Thanks for taking the time to reply. The only reason I put APIs, VS Code, and Netlify on there as skills is per the recommendation of my coding mentor. Same thing for the “My Work” section. But I think you’re right, it doesn’t feel right to have them on there. Also, when I say I’m doing “3 applications a day and projects in-between that” part of “projects” has been learning React. So learning a library/framework is very high on my priority list. And if I’m not a frontend developer what kind of jobs would you recommend I apply to?

APIs, VS Code, and Netlify shouldn’t count as skills.

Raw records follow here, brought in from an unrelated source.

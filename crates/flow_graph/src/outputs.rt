//! The nodes of output words.

ghost use Rattle.std.specs.Prelude.{◌≡◌, ◌<◌, ◌≤◌, ℕ, Some, length, slice_get, slice_index, IfOk, OnOk};
ghost use Rattle.flow_graph.specs.Private.Outputs as made_by;
ghost use Rattle.flow_graph.specs.Private.Outputs.{AddsOutputs};

use crate::nodes::no_format;
use fix_word::Op;
use lists::List;
use signal_graph::{Edge, Edges, Node};
use std::alloc::{AllocError, AllocFailed, Global};

/// The node of an output word, which reads the node with this number and width.
fn output_node(alloc: Global, word: u8, node: u32, width: u8) -> Result<Node, AllocError>
    ensures { IfOk result (λ output. output ≡ made_by.output_node word node width) }
{
    let mut edges = Edges::new(alloc);
    edges.push(Edge { node, delay: 0 })?;
    Ok(Node {
        op: Op::Output,
        fmt: no_format(),
        arg: i64::from(word),
        edges,
        inits: List::new(alloc),
        width,
        ram: 0,
    })
}

/// Adds the nodes of the output words, of which each is an element.
pub(crate) fn add_outputs(
    alloc: Global,
    nodes: &mut List<Node>,
    outs: &[u32],
    elements: &[u32],
) -> Result<(), AllocError>
    requires few { length outs.now ≤ 16 }
    requires elements { (j e : ℕ) → slice_get outs.now j ≡ Some e → e < length elements.now }
    requires nodes { (j e : ℕ) → slice_get outs.now j ≡ Some e → slice_index elements.now e < length nodes.old }
    ensures { OnOk result (AddsOutputs nodes.old elements.now outs.now (length outs.now) nodes.new) }
{
    for word in 0..outs.len() {
        let node = elements[outs[word] as usize];
        let width = nodes[node as usize].width;
        let output = output_node(alloc, word as u8, node, width)?;
        nodes.push(output)?;
    }
    Ok(())
}
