//! The graph without the nodes from which no output is reached. Page `docs/GRAPH.md`, "The graph of a flat program".

ghost use Rattle.std.specs.Prelude.{◌≡◌, ◌<◌, ◌^◌, ◌↔◌, length, map, false, replicate, IfOk, OnOk, IsTrue};
ghost use Rattle.std.specs.List.{All};
ghost use Rattle.fix_word.specs.declared.operation.Op.TheVariants.{Output};
ghost use Rattle.signal_graph.specs.GraphRules.{IsGraph};
ghost use Rattle.signal_graph.specs.GraphSolves.{IsGraphLoopless};
ghost use Rattle.signal_graph.specs.Keeps.{KeepsGraphSolutions};
ghost use Rattle.signal_graph.specs.Pruned.{IsPruned};
ghost use Rattle.flow_graph.specs.Private.Pruning.{reached, all_reached, HasOutputs, IsSearch, AreUsedMarks, AreAllMarked, numbers_from, renumbered_edge, renumbered, kept_nodes};

use fix_word::Op;
use lists::List;
use signal_graph::{Edge, Edges, Graph, Node};
use std::alloc::{AllocError, AllocFailed, Global};
use thiserror::Error;

/// Why a graph is not pruned.
#[derive(Debug, Clone, Copy, PartialEq, Eq, Drop, Error)]
pub enum PruneFault {
    /// Out of memory.
    #[error("no memory")]
    Memory,
}

impl<T: Drop> From<AllocFailed<T>> for PruneFault {
    fn from(_: AllocFailed<T>) -> PruneFault {
        PruneFault::Memory
    }
}

impl From<AllocError> for PruneFault {
    fn from(_: AllocError) -> PruneFault {
        PruneFault::Memory
    }
}

/// A search back from the outputs. Its list of nodes stands in for a recursion, since a chain of nodes may be as long
/// as the graph.
#[derive(Drop)]
pub struct Search {
    /// Whether a node was reached.
    pub marks: List<bool>,
    /// The nodes that were reached, in the order in which they were.
    pub found: List<u32>,
}

/// Marks a node.
fn reach(v: u32, search: &mut Search) -> Result<(), AllocFailed<u32>>
    requires { v < length search.old.marks }
    ensures { OnOk result (search.new ≡ reached search.old v) }
{
    if !search.marks[v as usize] {
        search.marks[v as usize] = true;
        search.found.push(v)?;
    }
    Ok(())
}

/// Marks the nodes that a node reads, at any delay.
fn follow(node: &Node, search: &mut Search) -> Result<(), AllocFailed<u32>>
    requires { All (λ edge. edge.node < length search.old.marks) node.now.edges }
    ensures { OnOk result (search.new ≡ all_reached search.old node.now.edges) }
{
    for edge in node.edges.iter() {
        reach(edge.node, search)?;
    }
    Ok(())
}

fn is_output(node: &Node) -> bool
    ensures { IsTrue result ↔ (node.now.op ≡ Output) }
{
    matches!(node.op, Op::Output)
}

/// Marks the outputs.
fn reach_outputs(graph: &Graph, search: &mut Search) -> Result<(), AllocFailed<u32>>
    requires sound { IsGraph graph.now }
    requires search { IsSearch graph.now 0 search.old }
    ensures search { OnOk result (IsSearch graph.now 0 search.new) }
    ensures outputs { OnOk result (HasOutputs graph.now search.new) }
{
    for v in 0..graph.nodes.len() {
        if is_output(&graph.nodes[v]) {
            reach(v as u32, search)?;
        }
    }
    Ok(())
}

/// Marks all that is read by what is marked.
fn follow_all(graph: &Graph, search: &mut Search) -> Result<(), AllocFailed<u32>>
    requires sound { IsGraph graph.now }
    requires search { IsSearch graph.now 0 search.old }
    requires outputs { HasOutputs graph.now search.old }
    ensures { OnOk result (AreUsedMarks graph.now search.new.marks) }
{
    let mut next = 0;
    while next < search.found.len() {
        let v = search.found[next];
        follow(&graph.nodes[v as usize], search)?;
        next += 1;
    }
    Ok(())
}

fn unmarked(alloc: Global, count: usize) -> Result<List<bool>, AllocError>
    ensures { IfOk result (λ list. list ≡ replicate count false) }
{
    Ok(List::from_vec(vec![in alloc; false; count]?))
}

/// Whether an output is reached from each node.
fn used_marks(alloc: Global, graph: &Graph) -> Result<List<bool>, AllocError>
    requires { IsGraph graph.now }
    ensures { IfOk result (AreUsedMarks graph.now) }
{
    let mut search = Search {
        marks: unmarked(alloc, graph.nodes.len())?,
        found: List::with_capacity(alloc, graph.nodes.len())?,
    };
    reach_outputs(graph, &mut search)?;
    follow_all(graph, &mut search)?;
    Ok(search.marks)
}

fn are_all_marked(marks: &List<bool>) -> bool
    ensures { IsTrue result → AreAllMarked marks.now }
{
    for mark in marks.iter() {
        if !*mark {
            return false;
        }
    }
    true
}

/// For each node how many nodes before it are kept, which is its new number.
fn numbers_of(alloc: Global, marks: &List<bool>) -> Result<List<u32>, AllocError>
    requires { length marks.now < 2 ^ 20 }
    ensures { IfOk result (λ numbers. numbers ≡ numbers_from 0 marks.now) }
{
    let mut numbers = List::with_capacity(alloc, marks.len())?;
    let mut next = 0;
    for kept in marks.iter() {
        numbers.push(next)?;
        if *kept {
            next += 1;
        }
    }
    Ok(numbers)
}

fn renumbered_edges(alloc: Global, numbers: &List<u32>, edges: &Edges) -> Result<Edges, AllocError>
    requires { All (λ edge. edge.node < length numbers.now) edges.now }
    ensures { IfOk result (λ new. new ≡ map (renumbered_edge numbers.now) edges.now) }
{
    let mut new = Edges::new(alloc);
    for edge in edges.iter() {
        new.push(Edge {
            node: numbers[edge.node as usize],
            delay: edge.delay,
        })?;
    }
    Ok(new)
}

fn renumbered_node(alloc: Global, numbers: &List<u32>, node: &Node) -> Result<Node, AllocError>
    requires { All (λ edge. edge.node < length numbers.now) node.now.edges }
    ensures { IfOk result (λ new. new ≡ renumbered numbers.now node.now) }
{
    let edges = renumbered_edges(alloc, numbers, &node.edges)?;
    Ok(Node {
        op: node.op,
        fmt: node.fmt,
        arg: node.arg,
        edges,
        inits: List::from_slice(alloc, node.inits.as_slice())?,
        width: node.width,
        ram: node.ram,
    })
}

fn nodes_of(
    alloc: Global,
    graph: &Graph,
    marks: &List<bool>,
    numbers: &List<u32>,
) -> Result<List<Node>, AllocError>
    requires sound { IsGraph graph.now }
    requires marks { length marks.now ≡ length graph.now.nodes }
    requires numbers { length numbers.now ≡ length graph.now.nodes }
    ensures { IfOk result (λ nodes. nodes ≡ kept_nodes graph.now numbers.now marks.now) }
{
    let mut nodes = List::with_capacity(alloc, graph.nodes.len())?;
    for v in 0..graph.nodes.len() {
        if marks[v] {
            let node = renumbered_node(alloc, numbers, &graph.nodes[v])?;
            nodes.push(node)?;
        }
    }
    Ok(nodes)
}

/// The graph of the marked nodes, numbered anew.
fn marked_graph(alloc: Global, graph: &Graph, marks: &List<bool>) -> Result<Graph, AllocError>
    requires sound { IsGraph graph.now }
    requires marks { AreUsedMarks graph.now marks.now }
    ensures { IfOk result (IsPruned graph.now) }
{
    let numbers = numbers_of(alloc, marks)?;
    Ok(Graph {
        nodes: nodes_of(alloc, graph, marks, &numbers)?,
        inputs: List::from_slice(alloc, graph.inputs.as_slice())?,
        outs: graph.outs,
    })
}

/// Does what `prune` does with a graph of its own, which it gives back where no node is left out.
///
/// # Errors
///
/// Those of `prune`.
pub fn prune_owned(alloc: Global, graph: Graph) -> Result<Graph, PruneFault>
    requires sound { IsGraph graph }
    requires loopless { IsGraphLoopless graph }
    ensures pruned { IfOk result (IsPruned graph) }
    ensures sound { IfOk result IsGraph }
    ensures loopless { IfOk result IsGraphLoopless }
    ensures keeps { IfOk result (KeepsGraphSolutions graph) }
{
    let marks = used_marks(alloc, &graph)?;
    if are_all_marked(&marks) {
        return Ok(graph);
    }
    Ok(marked_graph(alloc, &graph, &marks)?)
}

/// The graph without the nodes from which no output is reached over edges of any delay. The others have new numbers, in
/// their order. Takes time in proportion to nodes and edges. Page `docs/GRAPH.md`, "The graph of a flat program".
///
/// # Errors
///
/// `Memory` where no memory is left.
pub fn prune(alloc: Global, graph: &Graph) -> Result<Graph, PruneFault>
    requires sound { IsGraph graph.now }
    requires loopless { IsGraphLoopless graph.now }
    ensures pruned { IfOk result (IsPruned graph.now) }
    ensures sound { IfOk result IsGraph }
    ensures loopless { IfOk result IsGraphLoopless }
    ensures keeps { IfOk result (KeepsGraphSolutions graph.now) }
{
    let marks = used_marks(alloc, graph)?;
    Ok(marked_graph(alloc, graph, &marks)?)
}
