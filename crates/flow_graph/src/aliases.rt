//! Aliases: the element whose value an element is another name for.

ghost use Rattle.std.specs.Prelude.{◌≡◌, ◌<◌, ◌≤◌, ◌^◌, ◌+◌, ℕ, length, slice_index, IfOk};
ghost use Rattle.signal_graph.specs.Flat.{view, view_body};
ghost use Rattle.signal_graph.specs.FlatRules.{IsFlat};
ghost use Rattle.signal_graph.specs.FlatSolves.{IsFlatLoopless};
ghost use Rattle.signal_graph.specs.Flat.{Program};
ghost use Rattle.flow_graph.specs.Private.Delayed.{TellsDelayed};
ghost use Rattle.flow_graph.specs.Private.Aliases.{alias, IsInside, Jumps, AreAliases, AreEnds};

use signal_graph::{FlatBody, FlatElem, FlatExpr, FlatProgram};
use std::alloc::{AllocError, AllocFailed, Global};

/// The element that an alias reads, and itself for any other.
fn alias_of(elem: u32, element: &FlatElem, is_delayed: bool) -> u32
    ensures { result ≡ alias is_delayed elem (view_body element.now.body) }
{
    match &element.body {
        FlatBody::Value(FlatExpr::Read { elem: read, delay }) => {
            if *delay > 0 || is_delayed {
                elem
            } else {
                *read
            }
        }
        _ => elem,
    }
}

/// Leads each element where the one to which it leads goes on to. So each leads twice as far.
fn double(leads: &mut [u32])
    requires { IsInside leads.old }
    ensures inside { IsInside leads.new }
    ensures doubled { (p : Program) → (height : ℕ → ℕ) → (far : ℕ) → Jumps p height far leads.old
        → Jumps p height (far + far) leads.new }
{
    for elem in 0..leads.len() {
        leads[elem] = leads[leads[elem] as usize];
    }
}

/// Leads each element to the end of its chain of aliases.
fn lead_to_ends(leads: &mut [u32])
    requires inside { IsInside leads.old }
    requires few { length leads.old < 2 ^ 32 }
    ensures inside { IsInside leads.new }
    ensures ends { (p : Program) → (height : ℕ → ℕ) → Jumps p height 1 leads.old
        → ((e : ℕ) → e < length leads.old → height e ≤ length leads.old) → AreEnds p leads.new }
{
    let mut far = 1;
    while far <= leads.len() {
        double(leads);
        far *= 2;
    }
}

/// For each element the one that it reads where it is an alias, and itself for any other.
fn aliases_of(alloc: Global, flat: &FlatProgram, delayed: &[bool]) -> Result<Vec<u32>, AllocError>
    requires few { length (view flat.now).elems < 2 ^ 32 }
    requires delayed { TellsDelayed (view flat.now) delayed.now }
    ensures { IfOk result (λ aliases. AreAliases (view flat.now) aliases.items) }
{
    let mut aliases = Vec::with_capacity(alloc, flat.elems.len())?;
    for elem in 0..flat.elems.len() {
        aliases.push(alias_of(elem as u32, &flat.elems[elem], delayed[elem]))?;
    }
    Ok(aliases)
}

/// For each element the one whose node it has, at the end of its chain of aliases. The table says which are read with a
/// delay.
pub(crate) fn ends_of_aliases(
    alloc: Global,
    flat: &FlatProgram,
    delayed: &[bool],
) -> Result<Vec<u32>, AllocError>
    requires sound { IsFlat (view flat.now) }
    requires loopless { IsFlatLoopless (view flat.now) }
    requires delayed { TellsDelayed (view flat.now) delayed.now }
    ensures size { IfOk result (λ ends. length ends.items ≡ length (view flat.now).elems) }
    ensures inside { IfOk result (λ ends. IsInside ends.items) }
    ensures ends { IfOk result (λ ends. AreEnds (view flat.now) ends.items) }
{
    let mut ends = aliases_of(alloc, flat, delayed)?;
    lead_to_ends(&mut ends);
    Ok(ends)
}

I don’t know. I agree that VS Code shouldn’t be there. I might think APIs should be there because it is often listed on entry level job requirements and it may catch the eye of an HR person that doesn’t know that that’s a basic skill - if it was an obvious basic skill they wouldn’t list it on so many job reqs, imho. As for Netlify, I’ve never used it before so I hope it isn’t an obvious expectation. Beginners are often looking to fluff up their resume a little, that seems reasonable. I agree that WP shouldn’t be on there unless you are doing plugins/themes.

I also agree that having a frontend library should be a top priority. Sure, React is a good one. Even if it’s not a React job, often they like to see at least one of the other big three. I mentioned earlier getting some backend experience (even a little) would be good, but I think learning a frontend library/framework would go above that.